▶ [DATASET]:
━━━━━━━━━━
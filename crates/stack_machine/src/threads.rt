//! What a thread does among the others.

ghost use Rattle.std.specs.Prelude.{◌≡◌, ◌<◌, OnOk};
ghost use Rattle.upc_values.specs.declared.action.Action.{Action};
ghost use Rattle.upc_values.specs.declared.scalar.Value.{Value};
ghost use Rattle.thread_steps.specs.Library as library;
ghost use Rattle.thread_steps.specs.layer.Ranges.{IsNumber};
ghost use Rattle.thread_steps.specs.Values.{number_of};
ghost use Rattle.stack_code.specs.declared.instruction.ThreadWork.TheVariants as work;
ghost use Rattle.stack_code.specs.layer.Steps.{top};
ghost use Rattle.stack_code.specs.layer.Steps as steps;
ghost use Rattle.stack_machine.specs.code.Kept.{AreAllHeld, HasKept};
ghost use Rattle.stack_machine.specs.code.Turns.{Acts, Rests};

use crate::progress::Progress;
use crate::runner::Runner;
use crate::wish::Halt;
use stack_code::{Code, ThreadWork};
use stack_machine_values::stacks::Operands;
use thread_values::{
    first_int, has_turn, int_of, library_value, printed, printed_count, truth_value,
};
use upc_text::{Place, Text};
use upc_values::{Action, LibraryCall, Mark, Reply};

// The value of a notify or a wait, which lies on the stack.
fn mark_on(operands: &Operands) -> Mark
    requires { IsNumber (number_of (top operands.now)) }
    ensures { result ≡ Mark.Given (steps.int_of (top operands.now)) }
{
    Mark::Given(int_of(operands.top()))
}

// upc_notify.
fn notify(
    operands: &mut Operands,
    progress: &mut Progress,
    mark: Mark,
    place: Place,
    code: &Code,
    runner: &Runner,
) -> Result<(), Halt>
    requires thread { runner.now.number < code.now.threads }
    requires held { AreAllHeld code.now.threads code.now.shapes operands.old progress.old.store }
    ensures does { Acts code.now runner.now (work.Notify mark) place result operands.old operands.new
        progress.old progress.new }
    ensures rests { Rests result operands.old operands.new }
    ensures kept { OnOk result
        (HasKept code.now.threads code.now.shapes progress.old progress.new operands.new) }
{
    match progress.notify(place, mark) {
        Err(e) => Err(e),
        Ok(()) => Ok(()),
    }
}

// upc_notify with a value, which lies on the stack.
fn notify_value(
    operands: &mut Operands,
    progress: &mut Progress,
    place: Place,
    code: &Code,
    runner: &Runner,
) -> Result<(), Halt>
    requires thread { runner.now.number < code.now.threads }
    requires held { AreAllHeld code.now.threads code.now.shapes operands.old progress.old.store }
    ensures does { Acts code.now runner.now work.NotifyValue place result operands.old operands.new
        progress.old progress.new }
    ensures rests { Rests result operands.old operands.new }
    ensures kept { OnOk result
        (HasKept code.now.threads code.now.shapes progress.old progress.new operands.new) }
{
    match progress.notify(place, mark_on(operands)) {
        Err(e) => Err(e),
        Ok(()) => {
            operands.pop();
            Ok(())
        }
    }
}

// upc_wait.
fn wait(
    operands: &mut Operands,
    progress: &mut Progress,
    mark: Mark,
    place: Place,
    code: &Code,
    runner: &Runner,
) -> Result<(), Halt>
    requires thread { runner.now.number < code.now.threads }
    requires held { AreAllHeld code.now.threads code.now.shapes operands.old progress.old.store }
    ensures does { Acts code.now runner.now (work.Wait mark) place result operands.old operands.new
        progress.old progress.new }
    ensures rests { Rests result operands.old operands.new }
    ensures kept { OnOk result
        (HasKept code.now.threads code.now.shapes progress.old progress.new operands.new) }
{
    match progress.wait(place, mark) {
        Err(e) => Err(e),
        Ok(()) => Ok(()),
    }
}

// upc_wait with a value, which lies on the stack.
fn wait_value(
    operands: &mut Operands,
    progress: &mut Progress,
    place: Place,
    code: &Code,
    runner: &Runner,
) -> Result<(), Halt>
    requires thread { runner.now.number < code.now.threads }
    requires held { AreAllHeld code.now.threads code.now.shapes operands.old progress.old.store }
    ensures does { Acts code.now runner.now work.WaitValue place result operands.old operands.new
        progress.old progress.new }
    ensures rests { Rests result operands.old operands.new }
    ensures kept { OnOk result
        (HasKept code.now.threads code.now.shapes progress.old progress.new operands.new) }
{
    match progress.wait(place, mark_on(operands)) {
        Err(e) => Err(e),
        Ok(()) => {
            operands.pop();
            Ok(())
        }
    }
}

// upc_fence.
fn fence(
    operands: &mut Operands,
    progress: &mut Progress,
    place: Place,
    code: &Code,
    runner: &Runner,
) -> Result<(), Halt>
    requires thread { runner.now.number < code.now.threads }
    requires held { AreAllHeld code.now.threads code.now.shapes operands.old progress.old.store }
    ensures does { Acts code.now runner.now work.Fence place result operands.old operands.new
        progress.old progress.new }
    ensures rests { Rests result operands.old operands.new }
    ensures kept { OnOk result
        (HasKept code.now.threads code.now.shapes progress.old progress.new operands.new) }
{
    match progress.fence() {
        Err(e) => Err(e),
        Ok(()) => Ok(()),
    }
}

// The body of a controlling upc_forall begins.
#[tactic(auto, unfolding(thread_steps::specs::Blocks::control))]
fn control(
    operands: &mut Operands,
    progress: &mut Progress,
    place: Place,
    code: &Code,
    runner: &Runner,
) -> Result<(), Halt>
    requires thread { runner.now.number < code.now.threads }
    requires held { AreAllHeld code.now.threads code.now.shapes operands.old progress.old.store }
    ensures does { Acts code.now runner.now work.Control place result operands.old operands.new
        progress.old progress.new }
    ensures rests { Rests result operands.old operands.new }
    ensures kept { OnOk result
        (HasKept code.now.threads code.now.shapes progress.old progress.new operands.new) }
{
    progress.store.control()?;
    Ok(())
}

// It ends.
#[tactic(auto, unfolding(thread_steps::specs::Blocks::release))]
fn release(
    operands: &mut Operands,
    progress: &mut Progress,
    place: Place,
    code: &Code,
    runner: &Runner,
) -> Result<(), Halt>
    requires thread { runner.now.number < code.now.threads }
    requires held { AreAllHeld code.now.threads code.now.shapes operands.old progress.old.store }
    ensures does { Acts code.now runner.now work.Release place result operands.old operands.new
        progress.old progress.new }
    ensures rests { Rests result operands.old operands.new }
    ensures kept { OnOk result
        (HasKept code.now.threads code.now.shapes progress.old progress.new operands.new) }
{
    progress.store.release();
    Ok(())
}

// Whether a turn is the thread's.
#[tactic(auto, unfolding(thread_steps::specs::Blocks::mine))]
fn mine(
    operands: &mut Operands,
    progress: &mut Progress,
    place: Place,
    code: &Code,
    runner: &Runner,
) -> Result<(), Halt>
    requires thread { runner.now.number < code.now.threads }
    requires held { AreAllHeld code.now.threads code.now.shapes operands.old progress.old.store }
    ensures does { Acts code.now runner.now work.Mine place result operands.old operands.new
        progress.old progress.new }
    ensures rests { Rests result operands.old operands.new }
    ensures kept { OnOk result
        (HasKept code.now.threads code.now.shapes progress.old progress.new operands.new) }
{
    match has_turn(code.threads(), runner.number, operands.top()) {
        Err(error) => Err(progress.fault(error, place)),
        Ok(is_mine) => {
            operands.pop();
            operands.push(truth_value(is_mine))?;
            Ok(())
        }
    }
}

// printf.
#[tactic(auto, unfolding(thread_steps::specs::Library::print, thread_steps::specs::Actions::ask))]
fn print(
    operands: &mut Operands,
    progress: &mut Progress,
    format: &Text,
    arguments: usize,
    place: Place,
    code: &Code,
    runner: &Runner,
) -> Result<(), Halt>
    requires thread { runner.now.number < code.now.threads }
    requires held { AreAllHeld code.now.threads code.now.shapes operands.old progress.old.store }
    ensures does { Acts code.now runner.now (work.Print format.now arguments) place result operands.old operands.new
        progress.old progress.new }
    ensures rests { Rests result operands.old operands.new }
    ensures kept { OnOk result
        (HasKept code.now.threads code.now.shapes progress.old progress.new operands.new) }
{
    let text = printed(
        runner.alloc,
        format.as_slice(),
        operands.youngest(arguments),
    )?;
    let count = printed_count(&text);
    match progress.reply.take() {
        None => Err(Halt::Asks(Action::Print(text), progress.ticks)),
        Some(Reply::Done) => {
            operands.drop_youngest(arguments);
            operands.push(count)?;
            Ok(())
        }
        Some(_) => Err(Halt::Memory),
    }
}

// upc_global_exit.
fn exit(
    operands: &mut Operands,
    progress: &mut Progress,
    shape: u32,
    arguments: usize,
    place: Place,
    code: &Code,
    runner: &Runner,
) -> Result<(), Halt>
    requires thread { runner.now.number < code.now.threads }
    requires held { AreAllHeld code.now.threads code.now.shapes operands.old progress.old.store }
    ensures does { Acts code.now runner.now (work.Library LibraryCall.GlobalExit shape arguments) place result
        operands.old operands.new progress.old progress.new }
    ensures rests { Rests result operands.old operands.new }
    ensures kept { OnOk result
        (HasKept code.now.threads code.now.shapes progress.old progress.new operands.new) }
{
    match first_int(operands.youngest(arguments)) {
        None => Err(Halt::Memory),
        Some(value) => Err(progress.exit(value)),
    }
}

// A call that may ask for an action.
fn asking(
    operands: &mut Operands,
    progress: &mut Progress,
    call: LibraryCall,
    shape: u32,
    arguments: usize,
    place: Place,
    code: &Code,
    runner: &Runner,
) -> Result<(), Halt>
    requires thread { runner.now.number < code.now.threads }
    requires held { AreAllHeld code.now.threads code.now.shapes operands.old progress.old.store }
    ensures does { Acts code.now runner.now (work.Library call shape arguments) place result operands.old operands.new
        progress.old progress.new }
    ensures rests { Rests result operands.old operands.new }
    ensures kept { OnOk result
        (HasKept code.now.threads code.now.shapes progress.old progress.new operands.new) }
{
    match progress.library(
        call,
        shape,
        operands.youngest(arguments),
        place,
        code,
        runner,
    ) {
        Err(e) => Err(e),
        Ok(v) => {
            operands.drop_youngest(arguments);
            operands.push(v)?;
            Ok(())
        }
    }
}

// A call of the library that is no memory call. A collective one that asks for more than one action begins elsewhere,
// and comes here only where it may not begin.
fn library(
    operands: &mut Operands,
    progress: &mut Progress,
    call: LibraryCall,
    shape: u32,
    arguments: usize,
    place: Place,
    code: &Code,
    runner: &Runner,
) -> Result<(), Halt>
    requires thread { runner.now.number < code.now.threads }
    requires held { AreAllHeld code.now.threads code.now.shapes operands.old progress.old.store }
    ensures does { Acts code.now runner.now (work.Library call shape arguments) place result operands.old operands.new
        progress.old progress.new }
    ensures rests { Rests result operands.old operands.new }
    ensures kept { OnOk result
        (HasKept code.now.threads code.now.shapes progress.old progress.new operands.new) }
{
    if matches!(call, LibraryCall::GlobalExit) {
        return exit(operands, progress, shape, arguments, place, code, runner);
    }
    match library_value(code.threads(), call, operands.youngest(arguments)) {
        None => asking(
            operands, progress, call, shape, arguments, place, code, runner,
        ),
        Some(answer) => match answer {
            Err(error) => Err(progress.fault(error, place)),
            Ok(v) => {
                operands.drop_youngest(arguments);
                operands.push(v)?;
                Ok(())
            }
        },
    }
}

/// What a thread does among the others.
pub(crate) fn thread_work(
    operands: &mut Operands,
    progress: &mut Progress,
    work: &ThreadWork,
    place: Place,
    code: &Code,
    runner: &Runner,
) -> Result<(), Halt>
    requires thread { runner.now.number < code.now.threads }
    requires held { AreAllHeld code.now.threads code.now.shapes operands.old progress.old.store }
    ensures does { Acts code.now runner.now work.now place result operands.old operands.new
        progress.old progress.new }
    ensures rests { Rests result operands.old operands.new }
    ensures kept { OnOk result
        (HasKept code.now.threads code.now.shapes progress.old progress.new operands.new) }
{
    match work {
        ThreadWork::Notify(mark) => notify(operands, progress, *mark, place, code, runner),
        ThreadWork::Wait(mark) => wait(operands, progress, *mark, place, code, runner),
        ThreadWork::NotifyValue => notify_value(operands, progress, place, code, runner),
        ThreadWork::WaitValue => wait_value(operands, progress, place, code, runner),
        ThreadWork::Fence => fence(operands, progress, place, code, runner),
        ThreadWork::Control => control(operands, progress, place, code, runner),
        ThreadWork::Release => release(operands, progress, place, code, runner),
        ThreadWork::Mine => mine(operands, progress, place, code, runner),
        ThreadWork::Library {
            call,
            shape,
            arguments,
        } => library(
            operands, progress, *call, *shape, *arguments, place, code, runner,
        ),
        ThreadWork::Print { format, arguments } => {
            print(operands, progress, format, *arguments, place, code, runner)
        }
    }
}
━━━━━━━━━━
▶ [DIRECTIONS FOR THIS TASK]: Could you work out how many lines in the records include "auto"? Answer with the number only.

▶ [WRITTEN RESPONSE]: 4